若将时间 $[0,T]$ 进行 $N$ 等分,则有如下离散时间点
$t_{i}=i\varDelta,\quad i=0,2,\cdots,N\noindent$
其中 $\varDelta=T/N$ 。则连续系统的能控域 $R_{cx}$ 可由下式近似
$R_{dx}=\left\{ z\left|z=\sum_{i=0}^{N-1}\int_{t_{i}}^{t_{i+1}}e^{At}\textrm{d}tBu_{T-t_{i}},\left\Vert u_{T-t_{i}}\right\Vert _{\infty}\leq1,i=0,1,\cdots,N-1\right.\right\}$
$=\left\{ z\left|z=\left[H,GH,\cdots,G^{N-1}H\right]F,\left\Vert F\right\Vert _{\infty}\leq1\right.\right\}$
其中 $F\in R^{\left(Nr\right)\times1}$ ,
$G=e^{A\Delta},\qquad H=[H_{1},H_{2},\cdots,H{}_{r}],$
$H_{i}=\int_{0}^{\varDelta}e^{At}\textrm{d}tB_{i},\qquad i=1,2,\cdots,r$
则可以利用离散系统的能控丰富性计算近似有限时间的连续系统的能控丰富性计算,即只要 $N$ 充分大(离散化步长 $\varDelta$ 充分小),则有
$\mathrm{Vol}\left(R_{cx}\right)\approx\mathrm{Vol}\left(R_{dx}\right)$
若两输入两阶系统的线性连续系统 $\varSigma(A,B)$ 的各矩阵可表示为(或可变换为)
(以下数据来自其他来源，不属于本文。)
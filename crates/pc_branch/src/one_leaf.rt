ghost use Rattle.std.specs.Prelude.{◌≡◌, ◌≤◌, ◌∷◌, [], IfOk};
ghost use Rattle.pc_program_bound.specs.declared.program.Program.{Program};
ghost use Rattle.pc_program.specs.Solved.{IsSolved, AreFitMultipliers};
ghost use Rattle.pc_branch.specs.Outcome.{IsOutcome, IsDecided};

use crate::outcome::Outcome;
use pc_list::Seq;
use pc_model::{Tree, TreeNode};
use pc_num::Memory;
use pc_program::Solved;
use std::alloc::Global;

/// The outcome for a program that is solved without a search: a tree of one leaf, whatever the number of nodes.
pub(crate) fn in_one_leaf(alloc: Global, solved: Solved, nodes: u32) -> Result<Outcome, Memory>
    requires nodes { 1 ≤ nodes }
    requires fits { AreFitMultipliers solved }
    ensures outcome { (p : Program) → IsSolved p solved → IfOk result (IsOutcome p nodes) }
    ensures decided { IfOk result IsDecided }
{
    match solved {
        Solved::Best {
            counts,
            value,
            mult,
        } => {
            let tree = tree_of_one(alloc, TreeNode::Bound { mult })?;
            Ok(Outcome::Best {
                counts,
                value,
                tree,
            })
        }
        Solved::Nothing { mult } => {
            let tree = tree_of_one(alloc, TreeNode::Void { mult })?;
            Ok(Outcome::Nothing { tree })
        }
    }
}

fn tree_of_one(alloc: Global, leaf: TreeNode) -> Result<Tree, Memory>
    ensures { IfOk result (λ tree. tree.nodes ≡ leaf ∷ []) }
{
    let mut nodes = Seq::new(alloc);
    nodes.push(leaf)?;
    Ok(Tree { nodes })
}
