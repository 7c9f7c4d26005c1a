//! The search for the greatest worth of any program, with a tree that proves it or shows what was left open.
#![tactic(auto)]

mod end_laws;
mod ended;
mod laws;
mod one_leaf;
mod outcome;
mod point;
mod round;
mod search;
mod solving;
mod start;
mod tree;
mod visit;
mod visited;

pub use end_laws::{
    any_allocation_may_be_found, searches_show_nothing, searches_show_the_best,
    searches_show_what_is_left,
};
pub use laws::{
    large_budgets_leave_stuck_leaves, licences_are_small, parts_are_bounded, small_gains_fit,
    splits_leave_counts, whole_points_are_allocations,
};
pub use outcome::Outcome;
pub use solving::solve;
pub use start::has_fit_gains;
$A=\left[\begin{array}{cc} \eta_{1} & 0\\ 0 & \eta_{2} \end{array}\right]\qquad B=\left[\begin{array}{cc} b_{11} & b_{12}\\ b_{21} & b_{22} \end{array}\right]$
不失一般性,可通过对输入变量进行变换,设
$b_{11},b_{22},\det\left(B\right)=b_{11}b_{22}-b_{12}b_{21}>0$
对连续系统 $\varSigma(A,B)$ ,离散化后的系统矩阵和输入矩阵的各向量为
$G=\left[\begin{array}{cc} \lambda_{1} & 0\\ 0 & \lambda_{2} \end{array}\right]=\left[\begin{array}{cc} e^{\eta_{1}\Delta} & 0\\ 0 & e^{\eta_{2}\Delta} \end{array}\right]$
$H=\left[\begin{array}{cc} h_{11} & h_{12}\\ h_{21} & h_{22} \end{array}\right]=\varLambda B$
$\varLambda=\int_{0}^{\varDelta}e^{At}\textrm{d}t=\left[\begin{array}{cc} \frac{e^{\eta_{1}\Delta}-1}{\eta_{1}} & 0\\ 0 & \frac{e^{\eta_{2}\Delta}-1}{\eta_{2}} \end{array}\right]$
若 $h_{11}h_{22}\lambda_{1}^{s}-h_{12}h_{21}\lambda_{2}^{s}$ 不变号,则无限时间能达丰富性为(当离散化步长 $\varDelta$ 充分小)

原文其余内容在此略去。